Start of DATA SUPPLIED
//! How far a run of a node came, and the answer for it.

ghost use Rattle.std.specs.Prelude.{◌≡◌};
ghost use Rattle.lks_node.specs.Codes.{status_of, rest_status};
ghost use Rattle.lks_node.specs.declared.ends.NodeStop.TheVariants.{Fell as HasFallen, Untold as IsUntold};

use crate::frames::Unread;
use crate::statuses::NodeStatus;
use lks_outside::WriteStop;
use lks_script::ScriptFault;
use lks_store::OpenStop;

/// Why there is no script.
#[derive(Clone, Copy)]
pub enum NoScript {
    Unread(Unread),
    /// The first frame isn't whole, or there is none.
    Unframed,
    Unsaid(ScriptFault),
}

/// Why a store wasn't made a journal of the peer's own.
#[derive(Clone, Copy)]
pub enum Unready {
    /// The store's count of faults rose.
    Failed,
    Memory,
    /// It holds no journal.
    Damaged { offset: u64 },
    /// Its batches are too long to be sorted.
    Full,
    /// It holds another peer's.
    Foreign { batch: u32 },
}

/// How far frames were answered: each reply was written, and what each added is on the store.
#[derive(Clone, Copy)]
pub enum Rest {
    /// The source ended at the end of a frame.
    Done,
    /// A byte follows the last frame that may be.
    TooMany,
    Unread(Unread),
    /// The next frame, which has this number, tells nothing.
    Bad { index: u32 },
    /// No memory was there for what the next frame tells.
    Memory,
    /// The journal has no room for what the next frame may add.
    Full,
}

/// Why a step wasn't taken.
#[derive(Clone, Copy)]
pub enum Fall {
    /// The store's count of faults rose.
    Failed,
    Memory,
}

/// Where the answering of frames ended.
#[derive(Clone, Copy)]
pub enum NodeStop {
    /// Between two frames.
    Rested(Rest),
    /// In the step of a frame.
    Fell(Fall),
    /// In the reply to a frame: what the frame added is on the store.
    Untold(WriteStop),
}

impl From<Fall> for NodeStop {
    ghost from_gives = { λ fall e. e ≡ HasFallen fall };

    fn from(fall: Fall) -> Self {
        NodeStop::Fell(fall)
    }
}

impl From<WriteStop> for NodeStop {
    ghost from_gives = { λ stop e. e ≡ IsUntold stop };

    fn from(stop: WriteStop) -> Self {
        NodeStop::Untold(stop)
    }
}

/// How far a run came.
#[derive(Clone, Copy)]
pub enum NodeEnd {
    /// The words aren't the number of a peer and a path.
    Unnamed,
    Unopened(OpenStop),
    Unscripted(NoScript),
    /// The script has no such honest peer.
    Strange,
    Unready(Unready),
    Answered(NodeStop),
}

impl NodeEnd {
    /// The answer of a run that came so far.
    pub fn status(self) -> NodeStatus
        ensures { result ≡ status_of self }
    {
        match self {
            NodeEnd::Unnamed => NodeStatus::Usage,
            NodeEnd::Unopened(OpenStop::Failed) => NodeStatus::OpenFault,
            NodeEnd::Unopened(OpenStop::Memory) => NodeStatus::NoMemory,
            NodeEnd::Unscripted(NoScript::Unread(Unread::Failed)) => NodeStatus::ReadFault,
            NodeEnd::Unscripted(NoScript::Unread(Unread::Memory)) => NodeStatus::NoMemory,
            NodeEnd::Unscripted(NoScript::Unframed) => NodeStatus::BadFrame { index: 0 },
            NodeEnd::Unscripted(NoScript::Unsaid(ScriptFault::BadLine { line })) =>
                NodeStatus::BadScript { line },
            NodeEnd::Unscripted(NoScript::Unsaid(ScriptFault::Memory)) => NodeStatus::NoMemory,
            NodeEnd::Strange => NodeStatus::Stranger,
            NodeEnd::Unready(Unready::Failed) => NodeStatus::DiskFault,
            NodeEnd::Unready(Unready::Memory) => NodeStatus::NoMemory,
            NodeEnd::Unready(Unready::Damaged { offset }) => NodeStatus::Damaged { offset },
            NodeEnd::Unready(Unready::Full) => NodeStatus::Full,
            NodeEnd::Unready(Unready::Foreign { batch }) => NodeStatus::Foreign { batch },
            NodeEnd::Answered(NodeStop::Rested(rest)) => rest.status(),
            NodeEnd::Answered(NodeStop::Fell(Fall::Failed)) => NodeStatus::DiskFault,
            NodeEnd::Answered(NodeStop::Fell(Fall::Memory)) => NodeStatus::NoMemory,
            NodeEnd::Answered(NodeStop::Untold(WriteStop::Failed)) => NodeStatus::WriteFault,
            NodeEnd::Answered(NodeStop::Untold(WriteStop::Memory)) => NodeStatus::NoMemory,
        }
    }
}

impl Rest {
    fn status(self) -> NodeStatus
        ensures { result ≡ rest_status self }
    {
        match self {
            Rest::Done => NodeStatus::Done,
            Rest::TooMany => NodeStatus::TooMany,
            Rest::Unread(Unread::Failed) => NodeStatus::ReadFault,
            Rest::Unread(Unread::Memory) => NodeStatus::NoMemory,
            Rest::Bad { index } => NodeStatus::BadFrame { index },
            Rest::Memory => NodeStatus::NoMemory,
            Rest::Full => NodeStatus::Full,
        }
    }
}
End of DATA SUPPLIED
WHAT THIS TASK INVOLVES> I need every line of the data that has the word "reply"; please list them.

FINISHED TASK>
/// How far frames were answered: each reply was written, and what each added is on the store.
    /// In the reply to a frame: what the frame added is on the store.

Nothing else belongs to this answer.